Investigators concluded the primary cause of the fire was a nearly century-old suspension hook that failed, worn through after decades hanging in a windy canyon.

Company CEO Bill Johnson pleaded guilty Tuesday on behalf of the nation’s largest utility to 84 felony counts of involuntary manslaughter.


Facebook aims to help voters, but won't block Trump misinformation

UNDATED (AP) — Facebook is launching a widespread effort to boost U.S. voter turnout and provide authoritative information about voting — just as it doubles down on its policy allowing politicians like President Donald Trump to post false information on the same subject.

The social media giant is launching a “Voting Information Center” on Facebook and Instagram that will include details on registering to vote, polling places and voting by mail. It will draw the information from state election officials and local election authorities.

Facebook and its CEO, Mark Zuckerberg, continue to face criticism for not removing or labeling posts by Trump that that spread misinformation about voting by mail and, many said, encouraged violence against protesters.


Testing tradition, Trump taps US official to lead Latin bank

MIAMI (AP) — The Trump administration plans to nominate its top White House official for Latin America to lead the Inter-American Development Bank.

The move intends to break a six-decade tradition of choosing the bank’s leadership from candidates in that region.

The Treasury Department said Tuesday that Mauricio Claver-Carone can provide leadership that will strengthen the development bank’s ability to help the region recover from the coronavirus pandemic.

Since its founding in 1959, the Washington-based bank has always been led by chiefs from among the borrowing nations in Latin America. As senior director for Latin American policy at the National Security Council, Claver-Carone has overseen U.S. efforts to remove Venezuelan President Nicolas Maduro.


FCC calls hours-long T-Mobile service outage 'unacceptable'

NEW YORK (AP) — The head of the U.S. communications regulator says T-Mobile’s nationwide, hours-long outage Monday was “unacceptable” and that the Federal Communications Commission will investigate.

The FCC has fined telecom companies in the past for network outages.

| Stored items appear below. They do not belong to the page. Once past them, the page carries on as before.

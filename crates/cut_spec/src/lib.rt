// Definitions and laws only.
#![tactic(auto)]

// What becomes of a record.
#[derive(Drop)]
pub enum Fate {
    // it stays as it is
    Stays,
    Goes,
    // a table or a RIB record that is laid item by item: where they start behind the record's start, and how many they are
    Peers(usize, u64),
    Entries(usize, u64),
}
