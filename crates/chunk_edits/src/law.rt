//! What a splice or a patch does is taken back by the same one backwards.
ghost use Rattle.chunk_edits.specs.Patching.{PatchLaw};
ghost use Rattle.chunk_edits.specs.Splicing.{SpliceLaw};

/// What a splice does is taken back by the same splice backwards.
pub fn splice_law()
    ensures { SpliceLaw }
{}

/// What a patch does is taken back by the same patch backwards.
pub fn patch_law()
    ensures { PatchLaw }
{}
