//! Edits of a raw body: the splice that each makes, and how a splice is applied and taken back.
ghost use Rattle.std.specs.Prelude.{◌≡◌, ◌≤◌, ◌+◌, ◌*◌, ◌++◌, IfOk, MatchResult, length};
ghost use Rattle.std.specs.List.{splice};
ghost use Rattle.geos_model.specs.Bytes.{written, spliced};
ghost use Rattle.geos_model.specs.Heap.{capacity};
ghost use Rattle.geos_model.specs.Meaning.{past_end, too_big};
ghost use Rattle.chunk_edits.specs.Runs.{LiesAt};
ghost use Rattle.chunk_edits.specs.Splicing.{Builds, RefusesToBuild, forwards, backwards};

use crate::parts::{Splice, part};
use geos_model::Fault;
use raw_region::{RawBody, SIZE};
use std::alloc::Global;

/// Puts the new part in the place of the old one.
pub fn apply_raw(body: &mut RawBody, splice: &Splice)
    requires within { splice.now.at + length splice.now.old ≤ length body.old }
    requires room { length (forwards splice.now body.old) ≤ capacity }
    ensures { body.new ≡ forwards splice.now body.old }
{
    let old = splice.old().len();
    put(body, splice.at() as usize, old, splice.new());
}

/// Puts the old part in the place of the new one, which takes `apply_raw` back.
pub fn apply_raw_back(body: &mut RawBody, splice: &Splice)
    requires within { splice.now.at + length splice.now.new ≤ length body.old }
    requires room { length (backwards splice.now body.old) ≤ capacity }
    ensures { body.new ≡ backwards splice.now body.old }
{
    let new = splice.new().len();
    put(body, splice.at() as usize, new, splice.old());
}

/// Puts bytes in the place of the `k` bytes at `at`. As many are written over without a move of others.
pub(crate) fn put(body: &mut RawBody, at: usize, k: usize, bytes: &[u8])
    requires within { at + k ≤ length body.old }
    requires room { length (splice body.old at (at + k) bytes.now) ≤ capacity }
    ensures { body.new ≡ splice body.old at (at + k) bytes.now }
{
    if bytes.len() == k {
        body.copy_in(at, bytes);
    } else {
        body.replace(at, k, bytes);
    }
}

/// The splice that writes over the bytes of a raw body from `at` on. Range where that reaches past its end.
pub fn raw_write(alloc: Global, body: &RawBody, at: u32, bytes: &[u8]) -> Result<Splice, Fault>
    ensures built { MatchResult result
        (λ s. Builds (past_end body.now (at + length bytes.now)) s body.now (written body.now at bytes.now)
        (2 * length bytes.now))
        (RefusesToBuild (past_end body.now (at + length bytes.now))) }
    ensures room { IfOk result (λ s. length (written body.now at bytes.now) ≤ capacity) }
    ensures run { IfOk result (λ s. LiesAt s at (length bytes.now) (length bytes.now)) }
{
    let old = part(body.bytes(), at as usize, bytes.len())?;
    Ok(Splice::of(alloc, at, old, bytes)?)
}

/// The splice that puts bytes in the place of the `n` bytes at `at` of a raw body. Range where these reach past its
/// end, TooBig where a raw body can't have so many bytes as it gets.
pub fn raw_splice(
    alloc: Global,
    body: &RawBody,
    at: u32,
    n: u32,
    bytes: &[u8],
) -> Result<Splice, Fault>
    ensures built { MatchResult result
        (λ s. Builds (past_end body.now (at + n) ++ too_big (length (spliced body.now at n bytes.now))) s body.now
        (spliced body.now at n bytes.now) (n + length bytes.now))
        (RefusesToBuild (past_end body.now (at + n) ++ too_big (length (spliced body.now at n bytes.now)))) }
    ensures room { IfOk result (λ s. length (spliced body.now at n bytes.now) ≤ capacity) }
    ensures run { IfOk result (λ s. LiesAt s at n (length bytes.now)) }
{
    let all = body.bytes();
    let old = part(all, at as usize, n as usize)?;
    if all.len() - old.len() + bytes.len() > SIZE {
        return Err(Fault::TooBig);
    }
    Ok(Splice::of(alloc, at, old, bytes)?)
}

/// The splice that replaces a whole raw body. TooBig where a raw body can't have so many bytes.
pub fn raw_replace(alloc: Global, body: &RawBody, bytes: &[u8]) -> Result<Splice, Fault>
    ensures built { MatchResult result
        (λ s. Builds (too_big (length bytes.now)) s body.now bytes.now (length body.now + length bytes.now))
        (RefusesToBuild (too_big (length bytes.now))) }
    ensures run { IfOk result (λ s. LiesAt s 0 (length body.now) (length bytes.now)) }
{
    if bytes.len() > SIZE {
        return Err(Fault::TooBig);
    }
    Ok(Splice::of(alloc, 0, body.bytes(), bytes)?)
}
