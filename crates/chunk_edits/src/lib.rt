//! Edits of bytes as splices: built without a change, and then applied or taken back without a refusal.
#![tactic(auto)]

mod chunk;
mod direction;
mod held;
mod law;
mod parts;
mod patch;
mod raw;
mod raw_patch;
mod runs;

pub use chunk::{apply, apply_back, delete, insert, resize, splice, write};
pub use direction::Direction;
pub use held::{Exchange, FEW_BYTES};
pub use law::{patch_law, splice_law};
pub use parts::{Splice, copied};
pub use patch::{Patch, apply_patch};
pub use raw::{apply_raw, apply_raw_back, raw_replace, raw_splice, raw_write};
pub use raw_patch::{RawPatch, apply_raw_patch};
pub use runs::{ArrayPatch, ArrayRuns};
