//! Edits of a heap's chunk: the splice that each makes, and how a splice is applied and taken back. Who asks for a
//! splice has found the bytes of the chunk, and hands them in.
ghost use Rattle.std.specs.Prelude.{◌≡◌, ◌≤◌, ◌<◌, ◌+◌, ◌-◌, ◌*◌, ◌++◌, ℕ, List, true, IsTrue, IfOk, MatchResult, length, take, drop, min};
ghost use Rattle.std.specs.List.{splice};
ghost use Rattle.std.specs.FinMap.{insert, contains_key};
ghost use Rattle.geos_model.specs.Bytes.{written, spliced, resized, inserted, deleted};
ghost use Rattle.geos_model.specs.Cost.{difference};
ghost use Rattle.geos_model.specs.Heap.{chunk_bytes, fits_with, is_heap_map, capacity};
ghost use Rattle.geos_model.specs.Meaning.{past_end, no_room};
ghost use Rattle.chunk_edits.specs.Found.{IsChunkIn};
ghost use Rattle.chunk_edits.specs.Runs.{LiesAt};
ghost use Rattle.chunk_edits.specs.Splicing.{Builds, RefusesToBuild, forwards, backwards};

use crate::parts::{Splice, part};
use geos_model::{ChunkHandle, Fault};
use lmem_heap::Heap;
use std::alloc::Global;

/// Puts the new part in the place of the old one.
pub fn apply(heap: &mut Heap, h: ChunkHandle, splice: &Splice)
    requires live { IsTrue (contains_key heap.old.chunks h.0) }
    requires within { splice.now.at + length splice.now.old ≤ length (chunk_bytes heap.old.chunks h.0) }
    requires fits { IsTrue (fits_with heap.old.chunks h.0 (forwards splice.now (chunk_bytes heap.old.chunks h.0))) }
    ensures { heap.new.chunks ≡ insert heap.old.chunks h.0 (forwards splice.now (chunk_bytes heap.old.chunks h.0)) }
{
    let old = splice.old().len();
    put(heap, h, splice.at() as usize, old, splice.new());
}

/// Puts the old part in the place of the new one, which takes `apply` back.
pub fn apply_back(heap: &mut Heap, h: ChunkHandle, splice: &Splice)
    requires live { IsTrue (contains_key heap.old.chunks h.0) }
    requires within { splice.now.at + length splice.now.new ≤ length (chunk_bytes heap.old.chunks h.0) }
    requires fits { IsTrue (fits_with heap.old.chunks h.0 (backwards splice.now (chunk_bytes heap.old.chunks h.0))) }
    ensures { heap.new.chunks ≡ insert heap.old.chunks h.0 (backwards splice.now (chunk_bytes heap.old.chunks h.0)) }
{
    let new = splice.new().len();
    put(heap, h, splice.at() as usize, new, splice.old());
}

/// Puts bytes in the place of the `k` bytes at `at` of a chunk. As many are written over without a move of others.
pub(crate) fn put(heap: &mut Heap, h: ChunkHandle, at: usize, k: usize, bytes: &[u8])
    requires live { IsTrue (contains_key heap.old.chunks h.0) }
    requires within { at + k ≤ length (chunk_bytes heap.old.chunks h.0) }
    requires fits { IsTrue
        (fits_with heap.old.chunks h.0 (splice (chunk_bytes heap.old.chunks h.0) at (at + k) bytes.now)) }
    ensures { heap.new.chunks ≡
        insert heap.old.chunks h.0 (splice (chunk_bytes heap.old.chunks h.0) at (at + k) bytes.now) }
{
    if bytes.len() == k {
        heap.write(h, at, bytes);
    } else {
        heap.replace(h, at, k, bytes);
    }
}

/// The splice that writes over the bytes of a chunk from `at` on. Range where that reaches past the chunk's end.
pub fn write(alloc: Global, bytes: &[u8], at: u32, new: &[u8]) -> Result<Splice, Fault>
    requires { length bytes.now ≤ capacity }
    ensures built { MatchResult result
        (λ s. Builds (past_end bytes.now (at + length new.now)) s bytes.now (written bytes.now at new.now)
        (2 * length new.now))
        (RefusesToBuild (past_end bytes.now (at + length new.now))) }
    ensures no_longer { IfOk result (λ s. length (written bytes.now at new.now) ≤ length bytes.now) }
    ensures run { IfOk result (λ s. LiesAt s at (length new.now) (length new.now)) }
{
    let old = part(bytes, at as usize, new.len())?;
    Ok(Splice::of(alloc, at, old, new)?)
}

/// The splice that puts bytes in the place of the `n` bytes at `at` of a chunk. Range where these reach past its end,
/// Full where the heap has no room for the new ones.
pub fn splice(
    alloc: Global,
    heap: &Heap,
    h: ChunkHandle,
    bytes: &[u8],
    at: u32,
    n: u32,
    new: &[u8],
) -> Result<Splice, Fault>
    requires { IsChunkIn heap.now.chunks h.0 bytes.now }
    ensures built { MatchResult result
        (λ s. Builds
        (past_end bytes.now (at + n) ++ no_room heap.now.chunks h.0 (spliced bytes.now at n new.now)) s
        bytes.now (spliced bytes.now at n new.now) (n + length new.now))
        (RefusesToBuild
        (past_end bytes.now (at + n) ++ no_room heap.now.chunks h.0 (spliced bytes.now at n new.now))) }
    ensures fits { IfOk result (λ s. IsTrue (fits_with heap.now.chunks h.0 (spliced bytes.now at n new.now))) }
    ensures run { IfOk result (λ s. LiesAt s at n (length new.now)) }
{
    let old = part(bytes, at as usize, n as usize)?;
    let others = bytes.len() - old.len();
    if !fits_size(heap, h, others + new.len()) {
        return Err(Fault::Full);
    }
    Ok(Splice::of(alloc, at, old, new)?)
}

/// The splice that puts `n` zeros in before the byte at `at` of a chunk. Range where `at` is past the chunk's end, Full
/// where the heap has no room for them.
pub fn insert(
    alloc: Global,
    heap: &Heap,
    h: ChunkHandle,
    bytes: &[u8],
    at: u32,
    n: u32,
) -> Result<Splice, Fault>
    requires { IsChunkIn heap.now.chunks h.0 bytes.now }
    ensures built { MatchResult result
        (λ s. Builds (past_end bytes.now at ++ no_room heap.now.chunks h.0 (inserted bytes.now at n)) s
        bytes.now (inserted bytes.now at n) n)
        (RefusesToBuild (past_end bytes.now at ++ no_room heap.now.chunks h.0 (inserted bytes.now at n))) }
    ensures fits { IfOk result (λ s. IsTrue (fits_with heap.now.chunks h.0 (inserted bytes.now at n))) }
    ensures run { IfOk result (λ s. LiesAt s at 0 n) }
{
    if at as usize > bytes.len() {
        return Err(Fault::Range);
    }
    if !fits_size(heap, h, bytes.len() + n as usize) {
        return Err(Fault::Full);
    }
    Ok(Splice::of_zeros(alloc, at, &[], n)?)
}

/// The splice that takes `n` bytes out of a chunk from `at` on. Range where they reach past the chunk's end.
pub fn delete(alloc: Global, bytes: &[u8], at: u32, n: u32) -> Result<Splice, Fault>
    requires { length bytes.now ≤ capacity }
    ensures built { MatchResult result
        (λ s. Builds (past_end bytes.now (at + n)) s bytes.now (deleted bytes.now at n) n)
        (RefusesToBuild (past_end bytes.now (at + n))) }
    ensures no_longer { IfOk result (λ s. length (deleted bytes.now at n) ≤ length bytes.now) }
    ensures run { IfOk result (λ s. LiesAt s at n 0) }
{
    let gone = part(bytes, at as usize, n as usize)?;
    Ok(Splice::of(alloc, at, gone, &[])?)
}

/// The splice that cuts a chunk at its end, or adds zeros there, so that it has `n` bytes. Full where the heap has no
/// room for them.
pub fn resize(
    alloc: Global,
    heap: &Heap,
    h: ChunkHandle,
    bytes: &[u8],
    n: u32,
) -> Result<Splice, Fault>
    requires { IsChunkIn heap.now.chunks h.0 bytes.now }
    ensures built { MatchResult result
        (λ s. Builds (no_room heap.now.chunks h.0 (resized bytes.now n)) s
        bytes.now (resized bytes.now n) (difference n (length bytes.now)))
        (RefusesToBuild (no_room heap.now.chunks h.0 (resized bytes.now n))) }
    ensures fits { IfOk result (λ s. IsTrue (fits_with heap.now.chunks h.0 (resized bytes.now n))) }
    ensures run { IfOk result
        (λ s. LiesAt s (min n (length bytes.now)) (length bytes.now - n) (n - length bytes.now)) }
{
    if !heap.fits_resize(h, n) {
        return Err(Fault::Full);
    }
    let kept = n.min(bytes.len() as u32);
    Ok(Splice::of_zeros(alloc, kept, &bytes[kept as usize..], n - kept)?)
}

/// The bytes of a live chunk.
pub(crate) fn chunk_of(heap: &Heap, h: ChunkHandle) -> &[u8]
    requires { IsTrue (contains_key heap.now.chunks h.0) }
    ensures value { result.now ≡ chunk_bytes heap.now.chunks h.0 }
    ensures short { length (chunk_bytes heap.now.chunks h.0) ≤ capacity }
    ensures valid { is_heap_map heap.now.chunks ≡ true }
{
    match heap.chunk(h) {
        Some(bytes) => bytes,
        None => unreachable!(),
    }
}

/// Whether the heap has room for a live chunk with a size of `n` bytes.
fn fits_size(heap: &Heap, h: ChunkHandle, n: usize) -> bool
    requires live { IsTrue (contains_key heap.now.chunks h.0) }
    requires valid { is_heap_map heap.now.chunks ≡ true }
    ensures { (bytes : List ℕ) → length bytes ≡ n → result ≡ fits_with heap.now.chunks h.0 bytes }
{
    // No heap has room for as many bytes as the greatest `u32`, at which the size is cut.
    heap.fits_resize(h, n.min(u32::MAX as usize) as u32)
}
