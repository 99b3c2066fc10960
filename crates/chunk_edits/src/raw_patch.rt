//! A patch of a raw body, with what is known of it.
ghost use Rattle.std.specs.Prelude.{◌≡◌, ◌≤◌, true, length};
ghost use Rattle.geos_model.specs.Heap.{capacity};
ghost use Rattle.chunk_edits.specs.Patching.{directed_pieces, patched, peak, total_taken};
ghost use Rattle.chunk_edits.specs.Roots.{KeepsRoots};
ghost use Rattle.raw_region.specs.Roots.{is_large_root};

use crate::direction::Direction;
use crate::patch::{Patch, patch_raw};
use raw_region::RawBody;
use std::marker::Model;
use std::mem::size_of;

/// A patch of a raw body, of which it may be known that it makes roots of large arrays of roots. Contracts see the
/// patch alone.
#[derive(Drop)]
pub struct RawPatch {
    patch: Patch,
    keeps_roots: bool,
}

// Each step of the log keeps it in itself, within what a step takes.
const _: () = prove!(size_of::<RawPatch>() <= 32);

impl Model for RawPatch {
    ghost use Rattle.std.specs.Prelude.{◌≡◌, List, true};
    ghost use Rattle.chunk_edits.specs.Patching.{PatchPiece};
    ghost use Rattle.chunk_edits.specs.Roots.{KeepsRoots};

    ghost Value = { List PatchPiece };

    ghost view = { λ p. p.patch };

    ghost invariant = { λ p. p.keeps_roots ≡ true → KeepsRoots p.patch };
}

impl RawPatch {
    /// A patch of which nothing more is known.
    pub fn new(patch: Patch) -> RawPatch
        ensures { result ≡ patch }
    {
        RawPatch {
            patch,
            keeps_roots: false,
        }
    }

    /// A patch that makes of each root of a large array that it is of another one, in either direction.
    pub fn root_keeping(patch: Patch) -> RawPatch
        requires { KeepsRoots patch }
        ensures { result ≡ patch }
    {
        RawPatch {
            patch,
            keeps_roots: true,
        }
    }

    /// The patch.
    pub fn as_patch(&self) -> &Patch
        ensures { result.now ≡ self.now }
    {
        &self.patch
    }

    /// Whether it is known that a raw body is the root of a large array, and that the patch makes another one of it.
    fn keeps_root(&self, body: &RawBody, direction: Direction) -> bool
        ensures { result ≡ true → is_large_root (patched (directed_pieces direction self.now) body.now) ≡ true }
    {
        self.keeps_roots && body.is_known_root() && self.patch.is_of(body.bytes(), direction)
    }
}

/// Makes of a raw body what a patch makes of it in a direction. A body that is known to be the root of a large array
/// stays known to be one where the patch keeps roots, and is of its bytes.
pub fn apply_raw_patch(body: &mut RawBody, patch: &RawPatch, direction: Direction)
    requires size { total_taken (directed_pieces direction patch.now) ≡ length body.old }
    requires room { peak patch.now ≤ capacity }
    ensures { body.new ≡ patched (directed_pieces direction patch.now) body.old }
{
    let stays_root = patch.keeps_root(body, direction);
    patch_raw(body, &patch.patch, direction);
    if stays_root {
        body.mark_root();
    }
}
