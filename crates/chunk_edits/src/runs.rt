//! Which bytes of its chunk an edit of an array changes.
use crate::Patch;

/// The runs of bytes of its chunk that an edit of an array changes.
#[derive(Clone, Copy)]
pub struct ArrayRuns {
    /// How many bytes lay before the elements, and how many lie there now; None where these stay as they are.
    pub head: Option<(u32, u32)>,
    /// Where the elements that change begin now, how many bytes they had, and how many they have.
    pub at: u32,
    pub before: u32,
    pub after: u32,
}

/// What an edit of an array makes of its chunk, and where.
#[derive(Drop)]
pub struct ArrayPatch {
    pub patch: Patch,
    pub runs: ArrayRuns,
}
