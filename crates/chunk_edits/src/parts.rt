//! A splice: a part of some bytes, and what comes in its place.
ghost use Rattle.std.specs.Prelude.{◌≡◌, ◌+◌, ◌<◌, ◌≤◌, ◌^◌, ◌++◌, IfOk, MatchResult, length, take, drop, replicate};

use geos_model::{Bytes, Fault};
use std::alloc::{AllocError, Global};
use std::marker::Model;
use std::mem::size_of;

/// How many bytes a splice holds without an allocation.
const FEW: usize = 24;

/// A part of some bytes, and what takes its place.
#[derive(Drop)]
pub struct Splice {
    held: Held,
}

// Millions of splices may be kept, each in so many bytes.
const _: () = prove!(size_of::<Splice>() <= 32);

/// The part as it stands, and behind it what takes its place; how many bytes the part has, and where it begins. The
/// numbers come first, where they share a word with the tag.
#[derive(Drop)]
enum Held {
    /// The first `len` of these bytes.
    Few {
        len: u8,
        cut: u16,
        at: u32,
        bytes: [u8; FEW],
    },
    /// More bytes, in an allocation.
    Many {
        cut: u16,
        at: u32,
        bytes: Vec<u8>,
    },
}

impl Model for Splice {
    ghost use Rattle.chunk_edits.specs.Holding.{AreThere, held_splice};
    ghost use Rattle.chunk_edits.specs.Splicing.{Splice as Parts};

    ghost Value = { Parts };

    ghost view = { λ s. held_splice s.held };

    ghost invariant = { λ s. AreThere s.held };
}

impl Splice {
    /// The splice that puts bytes in the place of a part that begins at `at`.
    pub fn of(alloc: Global, at: u32, old: &[u8], new: &[u8]) -> Result<Splice, AllocError>
        requires old { length old.now < 2 ^ 16 }
        requires new { length new.now < 2 ^ 32 }
        ensures { IfOk result (λ s. s ≡ record { at = at; old = old.now; new = new.now }) }
    {
        let count = old.len() + new.len();
        if count <= FEW {
            return Ok(Splice::of_few(at, old, new));
        }
        let mut bytes = Vec::with_capacity(alloc, count)?;
        bytes.extend_from_slice(old)?;
        bytes.extend_from_slice(new)?;
        let cut = old.len() as u16;
        let held = Held::Many { cut, at, bytes };
        Ok(Splice { held })
    }

    /// The splice that puts `n` zeros in the place of a part that begins at `at`.
    pub(crate) fn of_zeros(alloc: Global, at: u32, old: &[u8], n: u32) -> Result<Splice, AllocError>
        requires { length old.now < 2 ^ 16 }
        ensures { IfOk result (λ s. s ≡ record { at = at; old = old.now; new = replicate n 0 }) }
    {
        let count = old.len() + n as usize;
        if count <= FEW {
            return Ok(Splice::of_few(at, old, &[0; FEW][..n as usize]));
        }
        let mut bytes = Vec::with_capacity(alloc, count)?;
        bytes.extend_from_slice(old)?;
        bytes.resize(count, 0)?;
        let cut = old.len() as u16;
        let held = Held::Many { cut, at, bytes };
        Ok(Splice { held })
    }

    // The same of few bytes.
    fn of_few(at: u32, old: &[u8], new: &[u8]) -> Splice
        requires { length old.now + length new.now ≤ 24 }
        ensures { result ≡ record { at = at; old = old.now; new = new.now } }
    {
        let count = old.len() + new.len();
        let mut bytes = [0; FEW];
        bytes[..old.len()].copy_from_slice(old);
        bytes[old.len()..count].copy_from_slice(new);
        let held = Held::Few {
            len: count as u8,
            cut: old.len() as u16,
            at,
            bytes,
        };
        Splice { held }
    }

    /// Where the part begins.
    pub fn at(&self) -> u32
        ensures { result ≡ self.now.at }
    {
        match &self.held {
            Held::Few { at, .. } | Held::Many { at, .. } => *at,
        }
    }

    /// The part as it stands.
    pub fn old(&self) -> &[u8]
        ensures { result.now ≡ self.now.old }
    {
        &self.row()[..self.old_len() as usize]
    }

    /// What takes its place.
    pub fn new(&self) -> &[u8]
        ensures { result.now ≡ self.now.new }
    {
        &self.row()[self.old_len() as usize..]
    }

    /// How many bytes the part has.
    pub fn old_len(&self) -> u32
        ensures { result ≡ length self.now.old }
    {
        match &self.held {
            Held::Few { cut, .. } | Held::Many { cut, .. } => u32::from(*cut),
        }
    }

    /// How many bytes come in its place.
    pub fn new_len(&self) -> u32
        ensures { result ≡ length self.now.new }
    {
        match &self.held {
            Held::Few {
                len,
                cut,
                bytes,
                ..
            } => bytes[usize::from(*cut)..usize::from(*len)].len() as u32,
            Held::Many { cut, bytes, .. } => bytes[usize::from(*cut)..].len() as u32,
        }
    }

    /// How many bytes it holds.
    pub fn byte_count(&self) -> usize
        ensures { result ≡ length self.now.old + length self.now.new }
    {
        self.row().len()
    }

    // The part, and behind it what takes its place.
    fn row(&self) -> &[u8]
        ensures { result.now ≡ self.now.old ++ self.now.new }
    {
        match &self.held {
            Held::Few { len, bytes, .. } => &bytes[..usize::from(*len)],
            Held::Many { bytes, .. } => bytes.as_slice(),
        }
    }
}

/// A copy of these bytes.
pub fn copied(alloc: Global, bytes: &[u8]) -> Result<Bytes, AllocError>
    ensures { IfOk result (λ copy. copy ≡ bytes.now) }
{
    let mut copy = Vec::with_capacity(alloc, bytes.len())?;
    copy.extend_from_slice(bytes)?;
    Ok(Bytes::from_vec(copy))
}

/// The `n` of these bytes from `at` on; Range where there are not so many.
pub(crate) fn part(bytes: &[u8], at: usize, n: usize) -> Result<&[u8], Fault>
    ensures { MatchResult result
        (λ part. (at + n ≤ length bytes.now) × (part.now ≡ take n (drop at bytes.now)))
        (λ fault. (length bytes.now < at + n) × (fault ≡ Fault.Range)) }
{
    if bytes.len() < at || bytes.len() - at < n {
        return Err(Fault::Range);
    }
    Ok(&bytes[at..at + n])
}
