impl<S: Store> Model for Session<S> {
    ghost use Rattle.undo_log.specs.Sessions.{SessionState};
    ghost use Rattle.undo_log.specs.Codes.{session_code};

    ghost Value = { SessionState S };

    ghost coded = { session_code S.code };

    ghost use Rattle.std.specs.Prelude.{◌≡◌, None};
    ghost use Rattle.chunk_edits.specs.declared.direction.Direction.TheVariants.{Backwards};
    ghost use Rattle.undo_log.specs.Logging.{to_redo, to_undo};
    ghost use Rattle.undo_log.specs.Sessions.{CanApplyBothByHandle};

    ghost view = { λ s. record {
      disk = s.blocks.disk;
      document = s.blocks.document;
      resident = s.blocks.resident;
      frames = s.blocks.frames;
      log = s.log.lists;
    } };

    ghost invariant = { λ s.
        CanApplyBothByHandle Backwards s.blocks.document (to_undo s.log.lists) (to_redo s.log.lists)
        × (s.blocks.disk.marked ≡ None) };
}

T-Mobile, one of the country’s three largest wireless service providers, said it had a “voice and text issue” that began around noon EDT Monday. The company said at 1 a.m. Tuesday that all problems had been resolved.

The company blamed an internet-traffic issue that caused problems with its network for the outage. AT&T and Verizon said their networks were working normally.


Arkansas AG sues TV pastor over virus treatment claims

LITTLE ROCK, Ark. (AP) — Arkansas' attorney general has sued Missouri-based TV pastor Jim Bakker over his promotion of a product falsely touted as a cure for the illness caused by the coronavirus.

Attorney General Leslie Rutledge filed the lawsuit in Arkansas against Bakker and Morningside Church Productions. It comes three months after the state of Missouri filed a similar lawsuit.

The lawsuit says 385 Arkansans purchased approximately $60,524 worth of colloidal silver, a product often sold on the internet as a dietary supplement. The liquid solution has often been falsely peddled as a miracle solution to boost the immune system and cure diseases.

Rutledge's says Bakker “exploited Arkansas consumers by leveraging COVID-19 fears” to sell the product.


Donations to fight virus, injustice could sustain charities

SEATTLE (AP) — A recession is expected to curtail Americans’ generosity following a record year for charitable donations. But the recent wave of money dedicated to fighting the coronavirus and racial inequality in the U.S. is offering a beacon of hope for nonprofits in 2020.

The Giving USA report released Tuesday estimates nearly $450 billion was donated to charities in 2019.

The 2.4% uptick from the previous year when adjusted for inflation marked a record year for giving that reflected a booming economy.

Individuals continue to make up the majority of dollars donated, or nearly 70% in 2019. The rest is given by foundations, corporations and others.